--- Excerpted data Enclosed Below ---
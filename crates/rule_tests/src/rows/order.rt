//! The order of times. Written by `bench/rows/rows.py`.
use crate::rows::{Row, is_answered};

static ROWS_1: [Row; 7] = [
    Row {
        shows: "in-block is not before landed",
        capacity: 100,
        starts: true,
        lines: r#"%+6(09:00)
!+7(08:59)
!+7(09:00)
"#,
        replies: r#"^
^
^
_206
^
"#,
    },
    Row {
        shows: "ground handling is not before in-block",
        capacity: 100,
        starts: true,
        lines: r#"%+6(09:00)
!+7(09:05)
*+8(09:04)
*+8(09:05)
"#,
        replies: r#"^
^
^
^
_206
^
"#,
    },
    Row {
        shows: "in-block is not behind ground handling",
        capacity: 100,
        starts: true,
        lines: r#"%+6(09:00)
!+7(09:05)
*+8(09:06)
!+7(09:07)
!+7(09:06)
"#,
        replies: r#"^
^
^
^
^
_206
^
"#,
    },
    Row {
        shows: "approval is not before the request",
        capacity: 100,
        starts: true,
        lines: r#"*+9(10:00)
%+10(10:01)
%+13(09:58)
%+14(09:57)
%+14(09:58)
"#,
        replies: r#"^
^
^
^
^
_206
^
"#,
    },
    Row {
        shows: "the request is not behind the approval",
        capacity: 100,
        starts: true,
        lines: r#"*+9(10:00)
%+10(10:01)
%+13(09:58)
%+14(10:02)
%+13(10:03)
%+13(10:02)
"#,
        replies: r#"^
^
^
^
^
^
_206
^
"#,
    },
    Row {
        shows: "take-off is not before off-block",
        capacity: 100,
        starts: true,
        lines: r#"*+9(10:00)
%+10(10:01)
%+13(09:58)
%+14(10:02)
%+15(10:03)
%+16(10:02)
%+16(10:03)
"#,
        replies: r#"^
^
^
^
^
^
^
_206
^
"#,
    },
    Row {
        shows: "other times have no order",
        capacity: 100,
        starts: true,
        lines: r#"%+6(09:00)
!+7(09:05)
*+9(10:00)
%+10(10:01)
*+11(01:00)
&+12(00:30)
%+13(00:20)
%+14(10:00)
%+15(00:10)
%+16(00:10)
$+2(00:01)
"#,
        replies: r#"^
^
^
^
^
^
^
^
^
^
^
^
_204
"#,
    },
];

#[test]
fn part_1(rt: HostRuntime) {
    for row in &ROWS_1 {
        is_answered(&rt, rt.alloc(), row);
    }
}
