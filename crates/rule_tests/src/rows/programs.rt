//! Programs of both kinds at each milestone. Written by `bench/rows/rows.py`.
use crate::rows::{Row, is_answered};

static ROWS_1: [Row; 1] = [Row {
    shows: "programs: both kinds at each milestone, layout 1",
    capacity: 200,
    starts: false,
    lines: r#"!S1,"kind":"tobt","program":"bf3U00f4U00f2U007`80ffffffV
!S1,"kind":"alert","program":"61106Uf3U06704000004`0f4U00f2U007`88f78afcV
!S2,"kind":"tobt","program":"bf3U00f4U00f2U007`80ffffffV
!S2,"kind":"alert","program":"61106Uf3U06704000004`0f4U00f2U007`88f78afcV
!S3,"kind":"tobt","program":"bf3U00f4U00f2U007`80ffffffV
!S3,"kind":"alert","program":"61106Uf3U06704000004`0f4U00f2U007`88f78afcV
!S4,"kind":"tobt","program":"bf3U00f4U00f2U007`80ffffffV
!S4,"kind":"alert","program":"61106Uf3U06704000004`0f4U00f2U007`88f78afcV
!S5,"kind":"tobt","program":"bf3U00f4U00f2U007`80ffffffV
!S5,"kind":"alert","program":"61106Uf3U06704000004`0f4U00f2U007`88f78afcV
!S6,"kind":"tobt","program":"bf3U00f4U00f2U007`80ffffffV
!@61106Uf3U06704000004`0f4U00f2U007`88f78afcV
!?bf3U00f4U00f2U007`80ffffffV
!S7,"kind":"alert","program":"61106Uf3U06704000004`0f4U00f2U007`88f78afcV
!S8,"kind":"tobt","program":"bf3U00f4U00f2U007`80ffffffV
!S8,"kind":"alert","program":"61106Uf3U06704000004`0f4U00f2U007`88f78afcV
!S9,"kind":"tobt","program":"bf3U00f4U00f2U007`80ffffffV
!S9,"kind":"alert","program":"61106Uf3U06704000004`0f4U00f2U007`88f78afcV
!S10,"kind":"tobt","program":"bf3U00f4U00f2U007`80ffffffV
!S10,"kind":"alert","program":"61106Uf3U06704000004`0f4U00f2U007`88f78afcV
!S11,"kind":"tobt","program":"bf3U00f4U00f2U007`80ffffffV
!S11,"kind":"alert","program":"61106Uf3U06704000004`0f4U00f2U007`88f78afcV
!S12,"kind":"tobt","program":"bf3U00f4U00f2U007`80ffffffV
!S12,"kind":"alert","program":"61106Uf3U06704000004`0f4U00f2U007`88f78afcV
!S13,"kind":"tobt","program":"bf3U00f4U00f2U007`80ffffffV
!S13,"kind":"alert","program":"61106Uf3U06704000004`0f4U00f2U007`88f78afcV
!S14,"kind":"tobt","program":"bf3U00f4U00f2U007`80ffffffV
!S14,"kind":"alert","program":"61106Uf3U06704000004`0f4U00f2U007`88f78afcV
!S15,"kind":"tobt","program":"bf3U00f4U00f2U007`80ffffffV
!S15,"kind":"alert","program":"61106Uf3U06704000004`0f4U00f2U007`88f78afcV
!S16,"kind":"tobt","program":"bf3U00f4U00f2U007`80ffffffV
!S16,"kind":"alert","program":"61106Uf3U06704000004`0f4U00f2U007`88f78afcV
!/
$+<
!=
$+2,"time":null}
!=
$+3(08:00)
!=
%+4(09:10)
!=
%+5(09:08)
!=
%+6(09:00)
!=
!+7(09:05)
!=
*+8(09:06)
!=
*+9,"time":null}
!=
*+9(10:00)
!=
%+10(10:01)
!=
*+11(09:40)
!=
&+12(09:55)
!=
%+13(09:58)
!=
%+14(10:02)
!=
%+15(10:03)
!=
%+16(10:12)
!=
"#,
    replies: r#"^
^
^
^
^
^
^
^
^
^
^
^
^
^
^
^
^
^
^
^
^
^
^
^
^
^
^
^
^
^
^
^
^
^
| 7:CDM08,CDM09,LOC00,LOC04
^
| 7:CDM08,CDM09,LOC01,LOC05
^
| 7:CDM08,CDM09,LOC00,LOC01,LOC04,LOC05
^
| 7:CDM08,CDM09,CDM07a,LOC02,LOC06
^
| 7:CDM08,CDM09,CDM07a,LOC00,LOC02,LOC04,LOC06
^
| 7:CDM08,CDM09,CDM07a,LOC01,LOC02,LOC05,LOC06
^
| 7:CDM08,CDM09,CDM07a,LOC00,LOC01,LOC02,LOC04,LOC05,LOC06
^
| 7:CDM08,CDM09,CDM07a,LOC03,LOC07
^
| 7:CDM08,CDM09,CDM07a,LOC00,LOC03,LOC04,LOC07
^
| 7:CDM08,CDM09,CDM07a,LOC00,LOC03,LOC04,LOC07
^
| 7:CDM08,CDM09,CDM07a,LOC01,LOC03,LOC05,LOC07
^
| 7:CDM08,CDM07a,LOC00,LOC01,LOC03,LOC04,LOC05,LOC07
^
| 7:CDM08,CDM07a,LOC02,LOC03,LOC06,LOC07
^
| 7:CDM08,CDM07a,LOC00,LOC02,LOC03,LOC04,LOC06,LOC07
^
| 7:CDM08,CDM14,CDM07a,LOC00,LOC02,LOC03,LOC05,LOC06,LOC07
^
| 7:CDM08,CDM14,CDM07a,LOC00,LOC02,LOC03,LOC04,LOC05,LOC06,LOC07
^
| 7:CDM08,CDM14,CDM07a,LOC00,LOC02,LOC03,LOC08
"#,
}];

#[test]
fn part_1(rt: HostRuntime) {
    for row in &ROWS_1 {
        is_answered(&rt, rt.alloc(), row);
    }
}

static ROWS_2: [Row; 4] = [
    Row {
        shows: "programs: both kinds at each milestone, layout 2",
        capacity: 200,
        starts: false,
        lines: r#"!migrate"}
!S1,"kind":"tobt","program":"bf3U00f4U00f2U007`60ffffff95U00","length":160}
!S1,"kind":"alert","program":"61106Uf3U06704000004`0f4U00f2U007`68f78afc95U00","length":160}
!S2,"kind":"tobt","program":"bf3U00f4U00f2U007`60ffffff95U00","length":160}
!S2,"kind":"alert","program":"61106Uf3U06704000004`0f4U00f2U007`68f78afc95U00","length":160}
!S3,"kind":"tobt","program":"bf3U00f4U00f2U007`60ffffff95U00","length":160}
!S3,"kind":"alert","program":"61106Uf3U06704000004`0f4U00f2U007`68f78afc95U00","length":160}
!S4,"kind":"tobt","program":"bf3U00f4U00f2U007`60ffffff95U00","length":160}
!S4,"kind":"alert","program":"61106Uf3U06704000004`0f4U00f2U007`68f78afc95U00","length":160}
!S5,"kind":"tobt","program":"bf3U00f4U00f2U007`60ffffff95U00","length":160}
!S5,"kind":"alert","program":"61106Uf3U06704000004`0f4U00f2U007`68f78afc95U00","length":160}
!S6,"kind":"tobt","program":"bf3U00f4U00f2U007`60ffffff95U00","length":160}
!@61106Uf3U06704000004`0f4U00f2U007`68f78afc95U00","length":160}
!?bf3U00f4U00f2U007`60ffffff95U00","length":160}
!S7,"kind":"alert","program":"61106Uf3U06704000004`0f4U00f2U007`68f78afc95U00","length":160}
!S8,"kind":"tobt","program":"bf3U00f4U00f2U007`60ffffff95U00","length":160}
!S8,"kind":"alert","program":"61106Uf3U06704000004`0f4U00f2U007`68f78afc95U00","length":160}
!S9,"kind":"tobt","program":"bf3U00f4U00f2U007`60ffffff95U00","length":160}
!S9,"kind":"alert","program":"61106Uf3U06704000004`0f4U00f2U007`68f78afc95U00","length":160}
!S10,"kind":"tobt","program":"bf3U00f4U00f2U007`60ffffff95U00","length":160}
!S10,"kind":"alert","program":"61106Uf3U06704000004`0f4U00f2U007`68f78afc95U00","length":160}
!S11,"kind":"tobt","program":"bf3U00f4U00f2U007`60ffffff95U00","length":160}
!S11,"kind":"alert","program":"61106Uf3U06704000004`0f4U00f2U007`68f78afc95U00","length":160}
!S12,"kind":"tobt","program":"bf3U00f4U00f2U007`60ffffff95U00","length":160}
!S12,"kind":"alert","program":"61106Uf3U06704000004`0f4U00f2U007`68f78afc95U00","length":160}
!S13,"kind":"tobt","program":"bf3U00f4U00f2U007`60ffffff95U00","length":160}
!S13,"kind":"alert","program":"61106Uf3U06704000004`0f4U00f2U007`68f78afc95U00","length":160}
!S14,"kind":"tobt","program":"bf3U00f4U00f2U007`60ffffff95U00","length":160}
!S14,"kind":"alert","program":"61106Uf3U06704000004`0f4U00f2U007`68f78afc95U00","length":160}
!S15,"kind":"tobt","program":"bf3U00f4U00f2U007`60ffffff95U00","length":160}
!S15,"kind":"alert","program":"61106Uf3U06704000004`0f4U00f2U007`68f78afc95U00","length":160}
!S16,"kind":"tobt","program":"bf3U00f4U00f2U007`60ffffff95U00","length":160}
!S16,"kind":"alert","program":"61106Uf3U06704000004`0f4U00f2U007`68f78afc95U00","length":160}
!/
$+<
!=
$+2,"time":null}
!=
$+3(08:00)
!=
%+4(09:10)
!=
%+5(09:08)
!=
%+6(09:00)
!=
!+7(09:05)
!=
*+8(09:06)
!=
*+9,"time":null}
!=
*+9(10:00)
!=
%+10(10:01)
!=
*+11(09:40)
!=
&+12(09:55)
!=
%+13(09:58)
!=
%+14(10:02)
!=
%+15(10:03)
!=
%+16(10:12)
!=
"#,
        replies: r#"v -
^
^
^
^
^
^
^
^
^
^
^
^
^
^
^
^
^
^
^
^
^
^
^
^
^
^
^
^
^
^
^
^
^
^
| 7:CDM08,CDM09,LOC00,LOC04
^
| 7:CDM08,CDM09,LOC01,LOC05
^
| 7:CDM08,CDM09,LOC00,LOC01,LOC04,LOC05
^
| 7:CDM08,CDM09,CDM07a,LOC02,LOC06
^
| 7:CDM08,CDM09,CDM07a,LOC00,LOC02,LOC04,LOC06
^
| 7:CDM08,CDM09,CDM07a,LOC01,LOC02,LOC05,LOC06
^
| 7:CDM08,CDM09,CDM07a,LOC00,LOC01,LOC02,LOC04,LOC05,LOC06
^
| 7:CDM08,CDM09,CDM07a,LOC03,LOC07
^
| 7:CDM08,CDM09,CDM07a,LOC00,LOC03,LOC04,LOC07
^
| 7:CDM08,CDM09,CDM07a,LOC00,LOC03,LOC04,LOC07
^
| 7:CDM08,CDM09,CDM07a,LOC01,LOC03,LOC05,LOC07
^
| 7:CDM08,CDM07a,LOC00,LOC01,LOC03,LOC04,LOC05,LOC07
^
| 7:CDM08,CDM07a,LOC02,LOC03,LOC06,LOC07
^
| 7:CDM08,CDM07a,LOC00,LOC02,LOC03,LOC04,LOC06,LOC07
^
| 7:CDM08,CDM14,CDM07a,LOC00,LOC02,LOC03,LOC05,LOC06,LOC07
^
| 7:CDM08,CDM14,CDM07a,LOC00,LOC02,LOC03,LOC04,LOC05,LOC06,LOC07
^
| 7:CDM08,CDM14,CDM07a,LOC00,LOC02,LOC03,LOC08
"#,
    },
    Row {
        shows: "programs: a report without a time",
        capacity: 100,
        starts: true,
        lines: r#"*+9(10:00)
!S9,"kind":"tobt","program":"bf3U007`3c`V
*+9,"time":null}
!=
!S2,"kind":"tobt","program":"bf3U007`3d`V
$+2,"time":null}
!=
&>
"#,
        replies: r#"^
^
^
^
^
| -
^
^
| -
~Y0702UjUUUU3984ba01UUUU`00
"#,
    },
    Row {
        shows: "programs: the milestone as a target",
        capacity: 100,
        starts: true,
        lines: r#"!S6,"kind":"tobt","program":"bf4U0V
%+6(09:00)
&>
"#,
        replies: r#"^
^
^
^
~Y43`00400000jUUfc83ba01UUUUUU`00
"#,
    },
    Row {
        shows: "programs: the length as a target",
        capacity: 100,
        starts: true,
        lines: r#"!S6,"kind":"tobt","program":"bf2U0V
%+6(09:00)
&>
"#,
        replies: r#"^
^
^
^
~Y43`00400000jUUfc83ba01UUUUUU`00
"#,
    },
];

#[test]
fn part_2(rt: HostRuntime) {
    for row in &ROWS_2 {
        is_answered(&rt, rt.alloc(), row);
    }
}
--- End of Enclosed Excerpted data ---
■ **Aim of the task**: Look through the data above and report every line in which "crates" appears.

■ **Exercise response**:
filename crates/rule_tests/src/rows/order.rt
filename crates/rule_tests/src/rows/programs.rt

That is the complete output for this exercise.